Zeron could be integrated with Microsoft Azure via the following methods:
- Azure Graph Log API - To monitor Azure Active Directory.
- Azure Log Analytics - To monitor Azure Platform and Services.
- Azure Storage - To monitor Azure Platform and Services.
Requirement for Log Analytics:
- Application ID
- Application Key
- Subscription ID
Requirement for Graph API:
- Application ID
- Application Key
- Tenant Domain
Requirement for Azure Storage:
- Container Name
- Account Name
- Account Key
Configuring Azure credentials
It is necessary to provide access credentials to the Zensor Azure module so it can successfully connect to Azure. The credentials required vary depending on the type of monitoring. Getting access credentials for Microsoft Graph and Log Analytics
For Microsoft Graph and Log Analytics valid application_id and application_key values are required. The necessary application_key value for a given App Registration in Azure Active Directory can be obtained from the Certificates & secrets section while the application_id can be obtained from the Overview section:
Click New Client Secret
Save the credentials (application ID and application key values) and send them to Zeron Team.
Getting access credentials for Storage
Azure Storage requires valid account_name and account_key values. They can be obtained in the Access keys section of Storage accounts:
ave the credentials (account_name , account_key and application ID and application key values) and send them to Zeron Team. Tenantdomain is required
Azure Storage Configuration
Azure Storage refers to the Microsoft Azure cloud storage solution, a service that provides a massively scalable object store for data objects, a messaging store for reliable messaging, a file system service for the cloud, and a NoSQL store. | As an alternative to the Azure Log Analytics REST API, Zeron offers the possibility to access Azure Storage accounts in a simple way. The activity logs of the Microsoft Azure infrastructure can be exported to the storage accounts. | This section explains how to use the Azure portal to archive the Azure activity log in a storage account and how to configure the azure-logs module. A use case is included to show a practical example.
Configuring the Activity log export
1. Audit logs
To export the logs, search for the Activity log service. It can be found by typing “Activity” in the search engine. From there, access the Audit Logs section and click on Export Data Settings.
2. Click on Add diagnostic setting.
3. diagonastics Logs:
Check the AuditLogs box and the Archive to storage account, selecting the name of the subscription and the Storage account to export the logs.
Azure Log Analytics
Azure Log Analytics is a service that monitors your infrastructure offering query capabilities that allow you to perform advanced searches specific to your data. The Log Analytics solution helps you to analyse and search the Azure activity log in all your Azure subscriptions, providing information about the operations performed with the resources of your subscriptions.
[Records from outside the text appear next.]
// Whether the results of a call are born.
ghost use Rattle.std.specs.Prelude.{◌≡◌};
ghost use Rattle.command_tables.specs.Table.{row_of};
ghost use Rattle.object_model.specs.History.{born_in};
ghost use Rattle.replay_model.specs.Births.{bearable, bears, owner_lives};
ghost use Rattle.session_parts.specs.Opened.{returning_shown};

use crate::returning_call::{ReturningCall, was_skipped};
use command_tables::{CommandId, Effect, row};
use object_model::Object;
use session_tables::{ObjectTable, owner};
use trace_format::Name;

/// What a command does to objects.
pub(crate) fn effect_of(cmd: CommandId) -> Effect
    ensures { result ≡ (row_of cmd).effect }
{
    row(cmd).effect
}

#[tactic(auto, unfolding(command_tables::specs::Tests::same_command))]
fn has_living_owner(objects: &ObjectTable, cmd: CommandId, owner: Option<Object>) -> bool
    ensures { result ≡ owner_lives (born_in objects.now.births) cmd owner }
{
    cmd == CommandId::CreateInstance
        || match owner {
            None => false,
            Some(owner) => objects.is_living(owner),
        }
}

/// Whether the results of a call are born at its return.
pub(crate) fn is_bearing(objects: &ObjectTable, call: ReturningCall<'_>) -> bool
    ensures { result ≡ bears objects.now.births (born_in objects.now.births) (returning_shown call.entry) }
{
    !was_skipped(call)
        && call.cmd.succeeds(call.code)
        && has_living_owner(
            objects,
            call.cmd,
            owner(objects.births(), call.args, effect_of(call.cmd)),
        )
}

/// The results that can be born: each driver has one physical device.
#[tactic(auto, unfolding(command_tables::specs::Tests::same_command))]
pub(crate) fn bearable_results(drivers: u32, call: ReturningCall<'_>) -> &[Name]
    ensures { result.now ≡ bearable drivers (returning_shown call.entry) }
{
    if call.cmd == CommandId::EnumeratePhysicalDevices {
        let count = call.results.len().min(drivers as usize);
        &call.results[..count]
    } else {
        call.results
    }
}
The data collected by Log Analytics can be consulted through the Azure Log Analytics REST API. The Azure Log Analytics API uses the Azure Active Directory authentication scheme. A qualified application or client is required to use the Azure Log Analytics REST API. This must be configured manually on the Microsoft Azure portal.
Setting up the application
The process explained below details the creation of an application that will use the Azure Log Analytics REST API. It is also possible to configure an existing application. If this is the case, skip the Creating the application step.
Creating the application
In the Azure Active Directory panel, select the option App registrations. Then, select New registration.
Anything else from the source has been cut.